*What the task requires*. Copy all lines below that use the word "into".

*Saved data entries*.

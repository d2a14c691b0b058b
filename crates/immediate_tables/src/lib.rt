// Tables A7-12 and A7-14 as numbers: each cell holds its mnemonic's number, and a blank cell a number that is no mnemonic's.
#![tactic(auto)]

pub mod modimm;
pub mod shift;
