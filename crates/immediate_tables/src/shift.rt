// Table A7-12, two registers and a shift amount, and the names of VSHLL by 0.
ghost use Rattle.std.specs.Prelude.{◌≡◌, ℕ, ◌<◌, ◌/◌, ◌%◌, IfSome, get_or};
ghost use Rattle.tables.specs.Cells.{cell_at, cell_number, read_number};
ghost use Rattle.names.specs.Names.{number_of};
ghost use Rattle.immediate_tables.specs.Shift.{shift_cells, shift_classes, vmovl};

use tables::BLANK;
use tables::ShiftClass::{self, Convert, Left, Long, Narrow, Right};

// A row for each U:A:B: how its amounts are read, and its mnemonics by size.
const SHIFT_ROWS: [(ShiftClass, [u16; 4]); 64] = [
    (Right, [173, 174, 175, 176]), // U=0 A=0000 B=0
    (Right, [173, 174, 175, 176]), // U=0 A=0000 B=1
    (Right, [177, 178, 179, 180]), // U=0 A=0001 B=0
    (Right, [177, 178, 179, 180]), // U=0 A=0001 B=1
    (Right, [181, 182, 183, 184]), // U=0 A=0010 B=0
    (Right, [181, 182, 183, 184]), // U=0 A=0010 B=1
    (Right, [185, 186, 187, 188]), // U=0 A=0011 B=0
    (Right, [185, 186, 187, 188]), // U=0 A=0011 B=1
    (Right, [BLANK, BLANK, BLANK, BLANK]), // U=0 A=0100 B=0
    (Right, [BLANK, BLANK, BLANK, BLANK]), // U=0 A=0100 B=1
    (Left, [189, 190, 191, 192]), // U=0 A=0101 B=0
    (Left, [189, 190, 191, 192]), // U=0 A=0101 B=1
    (Right, [BLANK, BLANK, BLANK, BLANK]), // U=0 A=0110 B=0
    (Right, [BLANK, BLANK, BLANK, BLANK]), // U=0 A=0110 B=1
    (Left, [31, 32, 33, 34]), // U=0 A=0111 B=0
    (Left, [31, 32, 33, 34]), // U=0 A=0111 B=1
    (Narrow, [193, 194, 195, BLANK]), // U=0 A=1000 B=0
    (Narrow, [196, 197, 198, BLANK]), // U=0 A=1000 B=1
    (Narrow, [199, 200, 201, BLANK]), // U=0 A=1001 B=0
    (Narrow, [202, 203, 204, BLANK]), // U=0 A=1001 B=1
    (Long, [205, 206, 207, BLANK]), // U=0 A=1010 B=0
    (Right, [BLANK, BLANK, BLANK, BLANK]), // U=0 A=1010 B=1
    (Right, [BLANK, BLANK, BLANK, BLANK]), // U=0 A=1011 B=0
    (Right, [BLANK, BLANK, BLANK, BLANK]), // U=0 A=1011 B=1
    (Right, [BLANK, BLANK, BLANK, BLANK]), // U=0 A=1100 B=0
    (Right, [BLANK, BLANK, BLANK, BLANK]), // U=0 A=1100 B=1
    (Right, [BLANK, BLANK, BLANK, BLANK]), // U=0 A=1101 B=0
    (Right, [BLANK, BLANK, BLANK, BLANK]), // U=0 A=1101 B=1
    (Convert, [208, BLANK, BLANK, BLANK]), // U=0 A=1110 B=0
    (Convert, [208, BLANK, BLANK, BLANK]), // U=0 A=1110 B=1
    (Convert, [209, BLANK, BLANK, BLANK]), // U=0 A=1111 B=0
    (Convert, [209, BLANK, BLANK, BLANK]), // U=0 A=1111 B=1
    (Right, [210, 211, 212, 213]), // U=1 A=0000 B=0
    (Right, [210, 211, 212, 213]), // U=1 A=0000 B=1
    (Right, [214, 215, 216, 217]), // U=1 A=0001 B=0
    (Right, [214, 215, 216, 217]), // U=1 A=0001 B=1
    (Right, [218, 219, 220, 221]), // U=1 A=0010 B=0
    (Right, [218, 219, 220, 221]), // U=1 A=0010 B=1
    (Right, [222, 223, 224, 225]), // U=1 A=0011 B=0
    (Right, [222, 223, 224, 225]), // U=1 A=0011 B=1
    (Right, [226, 227, 228, 229]), // U=1 A=0100 B=0
    (Right, [226, 227, 228, 229]), // U=1 A=0100 B=1
    (Left, [230, 231, 232, 233]), // U=1 A=0101 B=0
    (Left, [230, 231, 232, 233]), // U=1 A=0101 B=1
    (Left, [234, 235, 236, 237]), // U=1 A=0110 B=0
    (Left, [234, 235, 236, 237]), // U=1 A=0110 B=1
    (Left, [121, 122, 123, 124]), // U=1 A=0111 B=0
    (Left, [121, 122, 123, 124]), // U=1 A=0111 B=1
    (Narrow, [238, 239, 240, BLANK]), // U=1 A=1000 B=0
    (Narrow, [241, 242, 243, BLANK]), // U=1 A=1000 B=1
    (Narrow, [244, 245, 246, BLANK]), // U=1 A=1001 B=0
    (Narrow, [247, 248, 249, BLANK]), // U=1 A=1001 B=1
    (Long, [250, 251, 252, BLANK]), // U=1 A=1010 B=0
    (Right, [BLANK, BLANK, BLANK, BLANK]), // U=1 A=1010 B=1
    (Right, [BLANK, BLANK, BLANK, BLANK]), // U=1 A=1011 B=0
    (Right, [BLANK, BLANK, BLANK, BLANK]), // U=1 A=1011 B=1
    (Right, [BLANK, BLANK, BLANK, BLANK]), // U=1 A=1100 B=0
    (Right, [BLANK, BLANK, BLANK, BLANK]), // U=1 A=1100 B=1
    (Right, [BLANK, BLANK, BLANK, BLANK]), // U=1 A=1101 B=0
    (Right, [BLANK, BLANK, BLANK, BLANK]), // U=1 A=1101 B=1
    (Convert, [253, BLANK, BLANK, BLANK]), // U=1 A=1110 B=0
    (Convert, [253, BLANK, BLANK, BLANK]), // U=1 A=1110 B=1
    (Convert, [254, BLANK, BLANK, BLANK]), // U=1 A=1111 B=0
    (Convert, [254, BLANK, BLANK, BLANK]), // U=1 A=1111 B=1
];

const VMOVL_NAMES: [u16; 8] = [
    255, 256, 257, BLANK, // U=0
    258, 259, 260, BLANK, // U=1
];

// The row U:A:B; past the table, a blank one.
fn row(at: u8) -> (ShiftClass, [u16; 4])
    ensures class { result.0 ≡ get_or shift_classes at ShiftClass.Right }
    ensures cells { (j : ℕ) → read_number (get_or result.1 j 65535) ≡ number_of (cell_at shift_cells at j) }
{
    SHIFT_ROWS
        .get(at as usize)
        .copied()
        .unwrap_or((Right, [BLANK; 4]))
}

// The mnemonic in the cell U:A:B:size.
pub fn cell(k: u8) -> Option<u16>
    ensures number { cell_number result ≡ number_of (cell_at shift_cells (k / 4) (k % 4)) }
    ensures named { IfSome result (λ m. m < 346) }
{
    let (_, cells) = row(k / 4);
    tables::cell_in(&cells, k % 4)
}

// How the amounts of the row U:A:B are read; a row past the table is read as a blank one.
pub fn class(at: u8) -> ShiftClass
    ensures { result ≡ get_or shift_classes at ShiftClass.Right }
{
    row(at).0
}

// The mnemonic of VSHLL by 0 in the cell U:size.
pub fn vmovl_cell(k: u8) -> u16
    ensures { result ≡ number_of (cell_at vmovl (k / 4) (k % 4)) }
{
    tables::number_in(&VMOVL_NAMES, k)
}
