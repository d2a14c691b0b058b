// Table A7-14, one register and a modified immediate.
ghost use Rattle.std.specs.Prelude.{◌≡◌, ◌<◌, ◌/◌, ◌%◌, IfSome};
ghost use Rattle.tables.specs.Cells.{cell_at, cell_number};
ghost use Rattle.names.specs.Names.{number_of};
ghost use Rattle.immediate_tables.specs.Modimm.{modimm};

use tables::BLANK;

const MODIMM_NAMES: [u16; 32] = [
    261, // op=0 cmode=0000
    262, // op=0 cmode=0001
    261, // op=0 cmode=0010
    262, // op=0 cmode=0011
    261, // op=0 cmode=0100
    262, // op=0 cmode=0101
    261, // op=0 cmode=0110
    262, // op=0 cmode=0111
    263, // op=0 cmode=1000
    264, // op=0 cmode=1001
    263, // op=0 cmode=1010
    264, // op=0 cmode=1011
    261, // op=0 cmode=1100
    261, // op=0 cmode=1101
    265, // op=0 cmode=1110
    266, // op=0 cmode=1111
    267, // op=1 cmode=0000
    268, // op=1 cmode=0001
    267, // op=1 cmode=0010
    268, // op=1 cmode=0011
    267, // op=1 cmode=0100
    268, // op=1 cmode=0101
    267, // op=1 cmode=0110
    268, // op=1 cmode=0111
    269, // op=1 cmode=1000
    270, // op=1 cmode=1001
    269, // op=1 cmode=1010
    270, // op=1 cmode=1011
    267, // op=1 cmode=1100
    267, // op=1 cmode=1101
    271, // op=1 cmode=1110
    BLANK, // op=1 cmode=1111
];

// The mnemonic in the cell op:cmode.
pub fn cell(k: u8) -> Option<u16>
    ensures number { cell_number result ≡ number_of (cell_at modimm (k / 16) (k % 16)) }
    ensures named { IfSome result (λ m. m < 346) }
{
    tables::cell_in(&MODIMM_NAMES, k)
}
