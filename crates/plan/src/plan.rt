// A plan.
ghost use Rattle.std.specs.Prelude.{◌≡◌};

use benches::Hall;
use model::State;
use network::Network;

// A left and a right hall over one scale, with equal numbers of stations.
#[derive(Drop)]
pub struct Plan<L: Network, R: Network<Over = L::Over>> {
    pub(crate) left: Hall<L>,
    pub(crate) right: Hall<R>,
    pub(crate) state: State,
    ghost level: { (L.Network.meaning left.network).stations ≡ (R.Network.meaning right.network).stations },
}
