// Changes of a bench's window.
ghost use Rattle.std.specs.Prelude.{◌≡◌, ◌++◌, if◌then◌else◌, int_lt};
ghost use Rattle.network.specs.Checks.{Checked};
ghost use Rattle.model.specs.Calls.{change_at, lower_bench, raise_bench, Lowered, Raised, Loosened, window_value_checks, wider_checks};
ghost use Rattle.model.specs.declared.state.State.TheVariants.{Open, Impossible};
ghost use Rattle.model.specs.Sheets.{window, own_sheet, fresh};
ghost use Rattle.benches.specs.Answers.{answer};
ghost use Rattle.plan.specs.Models.{model};
ghost use Rattle.plan.specs.Standing.{SameNetworks};

use crate::plan::Plan;
use benches::{check_ceiling, check_floor, check_wider, check_window_values};
use model::{Bench, Place, State, Window};
use network::{Network, Refusal};
use scale::Scale;

impl<L: Network, R: Network<Over = L::Over>> Plan<L, R> {
    // Sets a ceiling, which may only go down: 10, 7, 11, 8, 13.
    pub fn lower(&mut self, place: Place, ceiling: i32) -> Result<(), Refusal>
        ensures networks { SameNetworks self.old self.new }
        ensures call { Lowered L.Over.Scale.algebra (model self.old) place.side place.bench ceiling (answer result) (model self.new) }
    {
        let b = self.bench(place)?;
        check_ceiling::<L::Over>(self.state, b, ceiling)?;
        let (row, state) = lowered(self.state, b, ceiling);
        self.put(place, row);
        self.state = state;
        Ok(())
    }

    // Sets a floor, which may only go up: 10, 7, 11, 8, 13. Of the shape of `lower`, but the checks, the record and the state differ.
    pub fn raise(&mut self, place: Place, floor: i32) -> Result<(), Refusal>
        ensures networks { SameNetworks self.old self.new }
        ensures call { Raised L.Over.Scale.algebra (model self.old) place.side place.bench floor (answer result) (model self.new) }
    {
        let b = self.bench(place)?;
        check_floor::<L::Over>(self.state, b, floor)?;
        let (row, state) = raised(self.state, b, floor);
        self.put(place, row);
        self.state = state;
        Ok(())
    }

    // Sets a floor and a ceiling, which may only widen the window, and makes a fresh start: 10, 7, 11.
    pub fn loosen(&mut self, place: Place, window: Window) -> Result<(), Refusal>
        ensures networks { SameNetworks self.old self.new }
        ensures call { Loosened L.Over.Scale.algebra (model self.old) place.side place.bench window.floor window.ceiling (answer result) (model self.new) }
    {
        let b = self.bench(place)?;
        check_loosen::<L::Over>(b, window)?;
        self.put_and_restart(place, widened(window));
        Ok(())
    }

    // Puts another record in the place of a bench's, and makes a fresh start.
    fn put_and_restart(&mut self, place: Place, row: Bench)
        ensures networks { SameNetworks self.old self.new }
        ensures plan { model self.new ≡ fresh (own_sheet (change_at (model self.old) place.side place.bench (λ _. row))) }
    {
        self.put(place, row);
        self.restart();
    }
}

// The record of a bench after a ceiling, and the plan's state, which nothing else holds together: open where the ceiling cuts the start.
fn lowered(state: State, b: Bench, ceiling: i32) -> (Bench, State)
    ensures row { result.0 ≡ lower_bench ceiling b }
    ensures state { result.1 ≡ (if int_lt ceiling b.start then Open else state) }
{
    let row = b.lowered(ceiling);
    if ceiling < b.start {
        (row, State::Open)
    } else {
        (row, state)
    }
}

// The record of a bench after a floor, and the plan's state: impossible where the start lies below the floor.
fn raised(state: State, b: Bench, floor: i32) -> (Bench, State)
    ensures row { result.0 ≡ raise_bench floor b }
    ensures state { result.1 ≡ (if int_lt b.start floor then Impossible else state) }
{
    let row = b.raised(floor);
    if b.start < floor {
        (row, State::Impossible)
    } else {
        (row, state)
    }
}

// A bench with this window.
fn widened(w: Window) -> Bench
    ensures { window result ≡ w }
{
    Bench::from(w)
}

fn check_loosen<S: Scale>(b: Bench, window: Window) -> Result<(), Refusal>
    ensures { Checked (window_value_checks S.Scale.algebra window.floor window.ceiling ++ wider_checks b window.floor window.ceiling) (answer result) }
{
    check_window_values::<S>(window)?;
    check_wider(b, window)
}
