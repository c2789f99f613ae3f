// Founding a plan.
ghost use Rattle.network.specs.Checks.{Checked};
ghost use Rattle.model.specs.Calls.{size_checks, found_checks};
ghost use Rattle.benches.specs.Answers.{window_answer};
ghost use Rattle.plan.specs.Founding.{Founds};

use crate::founding::Unfounded;
use crate::plan::Plan;
use benches::{Benches, Fault, Hall, check_windows};
use model::{State, Window};
use network::{Network, Refusal};

impl<L: Network, R: Network<Over = L::Over>> Plan<L, R> {
    // A plan at a fresh start, or the first fault: 12 for sizes, then the windows of the left and of the right benches. A
    // refusal hands both networks back.
    pub fn found(
        left: L,
        right: R,
        lefts: &[Window],
        rights: &[Window],
    ) -> Result<Plan<L, R>, Unfounded<L, R>>
        ensures { Founds left right lefts.now rights.now result }
    {
        // not `map_err`: the networks go back only beside the fault, and into the plan otherwise
        if let Err(fault) = check_found(&left, &right, lefts, rights) {
            return Err(Unfounded { fault, left, right });
        }
        Ok(Plan {
            left: Hall {
                network: left,
                benches: Benches::fresh(lefts),
            },
            right: Hall {
                network: right,
                benches: Benches::fresh(rights),
            },
            state: State::Open,
        })
    }
}

// The first fault of what a plan is to be founded on. The four arguments stay apart: the call takes them so, and a struct would
// only be taken apart again.
fn check_found<L: Network, R: Network<Over = L::Over>>(
    left: &L,
    right: &R,
    lefts: &[Window],
    rights: &[Window],
) -> Result<(), Fault>
    ensures { Checked (found_checks L.Over.Scale.algebra (L.Network.meaning left.now) (R.Network.meaning right.now) lefts.now rights.now) (window_answer result) }
{
    check_sizes(left, right, lefts, rights)?;
    check_windows::<L::Over>(0, lefts)?;
    check_windows::<L::Over>(1, rights)
}

// Whether the stations agree, and there is a window for each bench: 12.
fn check_sizes<L: Network, R: Network<Over = L::Over>>(
    left: &L,
    right: &R,
    lefts: &[Window],
    rights: &[Window],
) -> Result<(), Fault>
    ensures { Checked (size_checks (L.Network.meaning left.now) (R.Network.meaning right.now) lefts.now rights.now) (window_answer result) }
{
    if left.stations() != right.stations()
        || lefts.len() != left.benches()
        || rights.len() != right.benches()
    {
        return Err(Fault {
            refusal: Refusal::Lengths,
            place: None,
        });
    }
    Ok(())
}
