// Another network in a plan, and starts taken as ceilings.
ghost use Rattle.network.specs.Checks.{Checked};
ghost use Rattle.model.specs.Sheets.{the_left, the_right};
ghost use Rattle.model.specs.Calls.{same_size_checks, Exchanged, Adopted};
ghost use Rattle.benches.specs.Answers.{answer};
ghost use Rattle.plan.specs.Models.{model};
ghost use Rattle.plan.specs.Exchanges.{exchange_answer, Back};
ghost use Rattle.plan.specs.Standing.{Stand, SameNetworks, standing};

use crate::exchanged::Unexchanged;
use crate::plan::Plan;
use model::State;
use network::{Network, Refusal};

impl<L: Network, R: Network<Over = L::Over>> Plan<L, R> {
    // Puts another network in the place of the left one, which comes back, and makes a fresh start: 12, with the offered one.
    pub fn exchange_left(&mut self, network: L) -> Result<L, Unexchanged<L>>
        ensures call { Exchanged (model self.old) the_left (L.Network.meaning network) (exchange_answer result) (model self.new) }
        ensures back { Back self.old.left.network network result }
        ensures networks { Stand (standing self.old.left.network network result) self.old.right.network self.new }
    {
        if let Err(refusal) = check_same_size(&self.left.network, &network) {
            return Err(Unexchanged { refusal, network });
        }
        let old = std::mem::replace(&mut self.left.network, network);
        self.restart();
        Ok(old)
    }

    // The same for the right network, which may be of another type: so each side has a call of its own.
    pub fn exchange_right(&mut self, network: R) -> Result<R, Unexchanged<R>>
        ensures call { Exchanged (model self.old) the_right (R.Network.meaning network) (exchange_answer result) (model self.new) }
        ensures back { Back self.old.right.network network result }
        ensures networks { Stand self.old.left.network (standing self.old.right.network network result) self.new }
    {
        if let Err(refusal) = check_same_size(&self.right.network, &network) {
            return Err(Unexchanged { refusal, network });
        }
        let old = std::mem::replace(&mut self.right.network, network);
        self.restart();
        Ok(old)
    }

    // Sets every ceiling to its start: 14.
    pub fn adopt(&mut self) -> Result<(), Refusal>
        ensures networks { SameNetworks self.old self.new }
        ensures call { Adopted (model self.old) (answer result) (model self.new) }
    {
        if self.state != State::InStep {
            return Err(Refusal::NotInStep);
        }
        self.left.benches.adopt();
        self.right.benches.adopt();
        Ok(())
    }
}

// Whether the offered network has as many stations and benches as the one that stands there: 12. It is only lent, since a network
// can be large, and is moved once, into the plan or back.
fn check_same_size<M: Network, N: Network>(stands: &M, offered: &N) -> Result<(), Refusal>
    ensures { Checked (same_size_checks (M.Network.meaning stands.now) (N.Network.meaning offered.now)) (answer result) }
{
    if offered.stations() != stands.stations() || offered.benches() != stands.benches() {
        return Err(Refusal::Lengths);
    }
    Ok(())
}
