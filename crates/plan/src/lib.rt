// A plan over two networks of one scale, and the calls on it.
#![tactic(auto)]

mod advancing;
mod exchanged;
mod exchanges;
mod founding;
mod founds;
mod places;
mod plan;
mod readings;
mod rounds;
mod windows;

pub use exchanged::Unexchanged;
pub use founding::Unfounded;
pub use plan::Plan;
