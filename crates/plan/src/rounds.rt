// One round.
ghost use Rattle.std.specs.Prelude.{◌≡◌, ◌&&◌, ◌||◌};
ghost use Rattle.model.specs.Plans.{round, verdict};
ghost use Rattle.benches.specs.Halves.{hall, CutBy};
ghost use Rattle.plan.specs.Models.{model};
ghost use Rattle.plan.specs.Standing.{SameNetworks};

use crate::plan::Plan;
use model::State;
use network::Network;

impl<L: Network, R: Network<Over = L::Over>> Plan<L, R> {
    // Cuts the right starts by the left arrivals, then the left starts by the new right arrivals, and tells the verdict.
    pub(crate) fn round(&mut self)
        ensures networks { SameNetworks self.old self.new }
        ensures plan { model self.new ≡ round (model self.old) }
    {
        let (lefts_rest, rights_rest) = self.cut_both();
        let left_fell = self.left.benches.is_fallen();
        let right_fell = self.right.benches.is_fallen();
        self.state = verdict_of(left_fell, right_fell, lefts_rest, rights_rest);
    }

    // Both halves of a round. Says of each side whether no start of it changed.
    fn cut_both(&mut self) -> (bool, bool)
        ensures networks { SameNetworks self.old self.new }
        ensures right { CutBy (hall self.old.left) (hall self.old.right) (hall self.new.right) result.1 }
        ensures left { CutBy (hall self.new.right) (hall self.old.left) (hall self.new.left) result.0 }
    {
        let rights_rest = self.right.cut_by(&self.left);
        let lefts_rest = self.left.cut_by(&self.right);
        (lefts_rest, rights_rest)
    }
}

// The verdict of a round. Four flags, since here the sides are joined.
fn verdict_of(left_fell: bool, right_fell: bool, lefts_rest: bool, rights_rest: bool) -> State
    ensures { result ≡ verdict (left_fell || right_fell) (lefts_rest && rights_rest) }
{
    if left_fell || right_fell {
        State::Impossible
    } else if lefts_rest && rights_rest {
        State::InStep
    } else {
        State::Open
    }
}
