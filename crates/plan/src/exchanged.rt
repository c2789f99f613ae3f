// A network that was not taken into a plan.
use network::Refusal;

// Why, and the network that was offered.
#[derive(Drop)]
pub struct Unexchanged<N> {
    pub refusal: Refusal,
    pub network: N,
}
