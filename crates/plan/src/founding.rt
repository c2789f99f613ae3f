// Networks over which no plan was founded.
use benches::Fault;

// The fault, and the networks that were offered.
#[derive(Drop)]
pub struct Unfounded<L, R> {
    pub fault: Fault,
    pub left: L,
    pub right: R,
}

*Response*.
        // not `map_err`: the networks go back only beside the fault, and into the plan otherwise
// can be large, and is moved once, into the plan or back.
// A network that was not taken into a plan.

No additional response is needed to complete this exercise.